Specimens were first stained for Rab5 and Rab7. Afterwards, fluorescently-labelled secondary antibodies were used. Probes were then dehydrated through a series of ethanol steps (30%, 50%, 70%, 80%, 95%, 100%; each 10 min on ice). Afterwards, specimens were embedded in Technovit 8100, following the protocol provided by the manufacturer (Kulzer, Hanau, Germany). 3 µm sections were cut on a Leica EM UC6 microtome (Leica Mikrosysteme, Vienna, Austria) with a glass knife.

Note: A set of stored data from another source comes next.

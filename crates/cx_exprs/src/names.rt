//! Names in expressions ([expr.prim.id], [basic.lookup]).

ghost use Rattle.std.specs.Prelude.{◌≡◌, ◌<◌, length, IfOk, IfErr};
ghost use Rattle.cx_scopes.specs.Lookup.{find_answer};
ghost use Rattle.cx_typed.specs.Shown.{Within, shown, vars_shown};
ghost use Rattle.cx_exprs.specs.declared.answer.ElabAnswer.TheVariants as answer;
ghost use Rattle.cx_exprs.specs.Desks.{IsFault, named_shown, types_of, world_of};
ghost use Rattle.cx_exprs.specs.Forms as forms;
ghost use Rattle.cx_exprs.specs.Typing.{Good};

use crate::answer::ElabAnswer;
use crate::elab::Elab;
use cx_base::{Memory, Rule, Span};
use cx_scopes::Entity;
use cx_tree::{FunctionName, Last};
use cx_typed::{Judge, TExpr, TNode};
use cx_types::{TypeId, VarId};

/// A variable that a name means, with its type.
#[derive(Clone, Copy)]
pub struct NamedVariable {
    pub variable: VarId,
    pub ty: TypeId,
}

fn first_meant<J: Judge>(elab: &Elab<J>, found: &[Entity]) -> Result<NamedVariable, Rule>
    ensures known { IfOk result (λ v. v.ty.0 < length (types_of elab.now).rows) }
    ensures meant { named_shown (types_of elab.now) result ≡ forms.first_meant (vars_shown elab.now.program) found.now }
{
    match found.first() {
        None => Err(Rule::UnknownName),
        Some(Entity::Variable(variable)) => elab.variable(*variable),
        Some(Entity::Named(_)) => Err(Rule::NameKind),
        Some(Entity::Space(_)) => Err(Rule::NameKind),
        Some(Entity::Function(_)) => Err(Rule::LeftOutForm),
        Some(Entity::Field(_, _)) => Err(Rule::LeftOutForm),
        Some(Entity::Enumerator(_, _)) => Err(Rule::LeftOutForm),
    }
}

/// What a name means, where it means a variable that has an integer type.
fn found<J: Judge>(
    elab: &Elab<J>,
    name: &FunctionName,
) -> Result<Result<NamedVariable, Rule>, Memory>
    ensures known { IfOk result (λ r. IfOk r (λ v. v.ty.0 < length (types_of elab.now).rows)) }
    ensures meant { IfOk result (λ r. named_shown (types_of elab.now) r ≡ forms.found (world_of elab.now) name.now) }
{
    if name.global || name.scopes.len() != 0 {
        return Ok(Err(Rule::LeftOutForm));
    }
    match &name.last {
        Last::Operator(_) => Ok(Err(Rule::LeftOutForm)),
        Last::Ident(ident) => match elab.look_up(&ident.text)? {
            Ok(found) => Ok(first_meant(elab, found.as_slice())),
            Err(rule) => Ok(Err(rule)),
        },
    }
}

/// A name ([expr.prim.id]).
#[tactic(auto, using(cx_typed::proofs::Views::within_variable, cx_typed::proofs::Views::shown_variable))]
pub(crate) fn named<J: Judge>(
    elab: &Elab<J>,
    name: &FunctionName,
    span: Span,
) -> Result<TExpr, ElabAnswer>
    ensures within { IfOk result (Within (types_of elab.now)) }
    ensures ok { IfOk result (λ e. forms.named name.now span (world_of elab.now) ≡ Good (shown (types_of elab.now) e) (world_of elab.now)) }
    ensures fault { IfErr result (λ a. IsFault a (forms.named name.now span (world_of elab.now))) }
{
    match found(elab, name) {
        Ok(Ok(named)) => Ok(TExpr {
            node: TNode::Variable(named.variable),
            ty: named.ty,
            lvalue: true,
            span,
        }),
        Ok(Err(rule)) => Err(elab.fault(rule, span)),
        Err(Memory) => Err(ElabAnswer::Memory),
    }
}
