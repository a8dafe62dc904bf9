// Comparisons kept and broken.
use samples::sheets::{ROW, three, twenty};
use scaling::comparisons::comparisons;
use std::test::Fail;

#[test]
fn three_units(rt: HostRuntime) -> Result<(), Fail> {
    let marks = three(2, 7, 4)?;
    assert_eq!(rt; comparisons(&marks, &[1, 2, 3]), Some((2, 0)));
    assert_eq!(rt; comparisons(&marks, &[1, 3, 2, 9]), Some((0, 2)));
    assert_eq!(rt; comparisons(&marks, &[2, 1, 3]), Some((1, 1)));
    Ok(())
}

#[test]
fn no_order(rt: HostRuntime) -> Result<(), Fail> {
    let marks = three(2, 7, 4)?;
    assert_eq!(rt; comparisons(&marks, &[1, 2]), None);
    assert_eq!(rt; comparisons(&marks, &[1, 2, 2]), None);
    assert_eq!(rt; comparisons(&marks, &[0, 1, 2]), None);
    Ok(())
}

#[test]
fn equal_marks_break_nothing(rt: HostRuntime) -> Result<(), Fail> {
    let marks = twenty()?;
    assert_eq!(rt; comparisons(&marks, &ROW), Some((2280, 0)));
    Ok(())
}

#[test]
fn one_lower_mark(rt: HostRuntime) -> Result<(), Fail> {
    let mut marks = twenty()?;
    marks.put(1, 20, 9999)?;
    assert_eq!(rt; comparisons(&marks, &ROW), Some((2244, 36)));
    Ok(())
}
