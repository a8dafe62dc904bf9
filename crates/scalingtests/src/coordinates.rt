// Coordinates and their loss.
use samples::sheets::{ROW, three, twenty};
use scaling::coordinates::coordinates;
use std::test::Fail;

#[test]
fn three_units(rt: HostRuntime) -> Result<(), Fail> {
    let marks = three(2, 7, 4)?;
    let mut list = [5; 3];
    assert_eq!(rt; coordinates(&marks, &[1, 2, 3], &mut list), Some(1));
    assert_eq!(rt; list, [-9, -2, 11]);
    Ok(())
}

#[test]
fn a_lower_displacement_later(rt: HostRuntime) -> Result<(), Fail> {
    let marks = three(0, 1, 2)?;
    let mut list = [5; 3];
    assert_eq!(rt; coordinates(&marks, &[1, 2, 3], &mut list), Some(1));
    assert_eq!(rt; list, [-1, -2, 3]);
    Ok(())
}

#[test]
fn past_the_units_nothing_changes(rt: HostRuntime) -> Result<(), Fail> {
    let marks = three(2, 7, 4)?;
    let mut list = [5, 6, 7, 8, 9];
    assert_eq!(rt; coordinates(&marks, &[3, 2, 1, 9], &mut list), Some(1));
    assert_eq!(rt; list, [-11, 2, 9, 8, 9]);
    Ok(())
}

#[test]
fn refused(rt: HostRuntime) -> Result<(), Fail> {
    let marks = three(2, 7, 4)?;
    let mut short = [5, 6];
    assert_eq!(rt; coordinates(&marks, &[1, 2, 3], &mut short), None);
    assert_eq!(rt; short, [5, 6]);
    let mut list = [5, 6, 7];
    assert_eq!(rt; coordinates(&marks, &[1, 2], &mut list), None);
    assert_eq!(rt; coordinates(&marks, &[1, 2, 2], &mut list), None);
    assert_eq!(rt; coordinates(&marks, &[1, 2, 4], &mut list), None);
    assert_eq!(rt; list, [5, 6, 7]);
    Ok(())
}

#[test]
fn greatest_marks(rt: HostRuntime) -> Result<(), Fail> {
    let marks = twenty()?;
    let mut list = [0; 20];
    assert_eq!(rt; coordinates(&marks, &ROW, &mut list), Some(114_000_000_000));
    assert_eq!(rt; list[0], -190_000);
    assert_eq!(rt; list[19], 190_000);
    Ok(())
}
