// Tests of coordinates and comparisons.
#![tactic(auto)]

#[cfg(test)]
mod comparisons;
#[cfg(test)]
mod coordinates;
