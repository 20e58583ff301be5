// Where a class stands in a list of terms, and whether a child of it has room there (02, Paper 6): its place in the rising order, its term, its count.
#![tactic(auto)]

ghost use Rattle.std.specs.Prelude.{◌≡◌, false, ◌+◌, ◌*◌, ◌≤◌, ◌^◌, leb, length};
ghost use Rattle.spec.specs.Bytes.{pick};
ghost use Rattle.monomial_terms.specs.Terms.{held, position};
ghost use Rattle.class_place.specs.Standing.{places, stands, count_there};

use monomial_terms::{class_at, count_at};

// The first of n places whose class is not below c.
pub fn place(mono: &[u64], n: usize, c: u64) -> usize
    requires { 2 * n ≤ length mono.now }
    ensures { (result ≡ position c (held n mono.now)) × (result ≤ n) }
{
    for i in 0..n {
        if class_at(mono, i) >= c {
            return i;
        }
    }
    n
}

// Class c stands in the list, at its place p.
pub fn stands_at(mono: &[u64], n: usize, p: usize, c: u64) -> bool
    requires { (2 * n ≤ length mono.now) × (p ≡ position c (held n mono.now)) }
    ensures { result ≡ stands c (held n mono.now) }
{
    if p < n {
        return class_at(mono, p) == c;
    }
    false
}

// Class c is new, and the n terms take every place.
pub fn lacks_place(mono: &[u64], n: usize, p: usize, c: u64) -> bool
    requires { (2 * n ≤ length mono.now) × (p ≡ position c (held n mono.now)) }
    ensures { result ≡ pick (stands c (held n mono.now)) false (leb (places mono.now) n) }
{
    if stands_at(mono, n, p, c) {
        return false;
    }
    mono.len() / 2 <= n
}

// Class c stands in the list, and k more would pass 64 bits.
pub fn overflows(mono: &[u64], n: usize, p: usize, c: u64, k: u64) -> bool
    requires { (2 * n ≤ length mono.now) × (p ≡ position c (held n mono.now)) }
    ensures { result ≡ pick (stands c (held n mono.now)) (leb (2 ^ 64) (count_there c (held n mono.now) + k)) false }
{
    if stands_at(mono, n, p, c) {
        return count_at(mono, p) > 18446744073709551615 - k;
    }
    false
}
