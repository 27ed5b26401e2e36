// Prints the first dot of each line of the frame, one on a line: the entries of the table `LINE_STARTS` of the crate frame_clock, which a test holds to what
// is printed here (REFERENCE, Frame clock).
#![tactic(auto)]

ghost use Rattle.std.specs.Prelude.{◌≡◌};
ghost use Rattle.definitions.specs.Clock.{first_dot};

use frame_clock::{DOTS_PER_LINE, Dot, LINES, Line};
use std::io;

// The first dot of a line, computed and not read off the table.
#[tactic(auto, unfolding(definitions::specs::Clock::first_dot))]
fn start_of(line: Line) -> Dot
    ensures { result.index ≡ first_dot line.index }
{
    Dot {
        index: DOTS_PER_LINE * line.index,
    }
}

// All lines, in their order: the first dot of each, in decimal on a line of its own.
fn main(rt: HostRuntime) -> io::Result<()> {
    for index in 0..LINES {
        println!(rt; "{}", start_of(Line { index }).index)?;
    }
    Ok(())
}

Third instar wandering larvae were dissected following a standard protocol (Lehmacher et al., 2012, 2009). Animals were pinned on their dorsal side on a SYLGARD plate (Sylgard 184, Dow Corning, Wiesbaden, Germany), covered with BBT (1× PBS, 0.1% Tween-20 and 0.1% BSA) and opened ventrally with a longitudinal cut along the posterior–anterior axis. The cuticle was pinned aside to allow fixation and staining of the heart. Viscera were carefully removed with fine forceps. Specimen were fixed for 1 h at room temperature in 4% methanol-free paraformaldehyde under constant shaking. Fixed larvae were then transferred to reaction cups for better handling. Three subsequent washing steps in BBT followed the fixation process, each taking 15 min. Samples were then permeabilised with 1% Triton in PBS for 1 h. After three washing steps in BBT for 15 min each, saturation to block unspecific epitopes was performed in saturation buffer (1× PBS, 0.1% Tween-20 and 3% BSA) for 1 h at room temperature. Primary antibodies were diluted in BBT buffer containing 1% Tween and were subsequently added to the tissue to incubate overnight at 4°C under constant shaking. The following day, the primary antibody solution was removed and replaced by BBT buffer containing 1% Tween for thorough washing to remove unbound antibodies, which was repeated three times for 15 min each. This procedure was followed by another 1 h blocking step with saturation buffer. Secondary antibodies with coupled fluorophores were diluted in BBT buffer containing 1% Tween and incubated at room temperature in the dark for a maximum of 2 h. All unbound antibodies were finally removed by three washing steps in BBT buffer containing 1% Tween. Probes were either stored in the fridge or in Fluoromount-G™ (Thermo Fisher Scientific, Waltham, USA) with DAPI or Roti^®-Mount FluorCare with DAPI (Roth, Karlsruhe, Germany) for imaging with a laser scanning microscope (Zeiss, Jena, Germany). Images were analysed using Fiji ImageJ software. For evaluating colocalisation, the plugin Colocalisation threshold was used (Schindelin et al., 2012).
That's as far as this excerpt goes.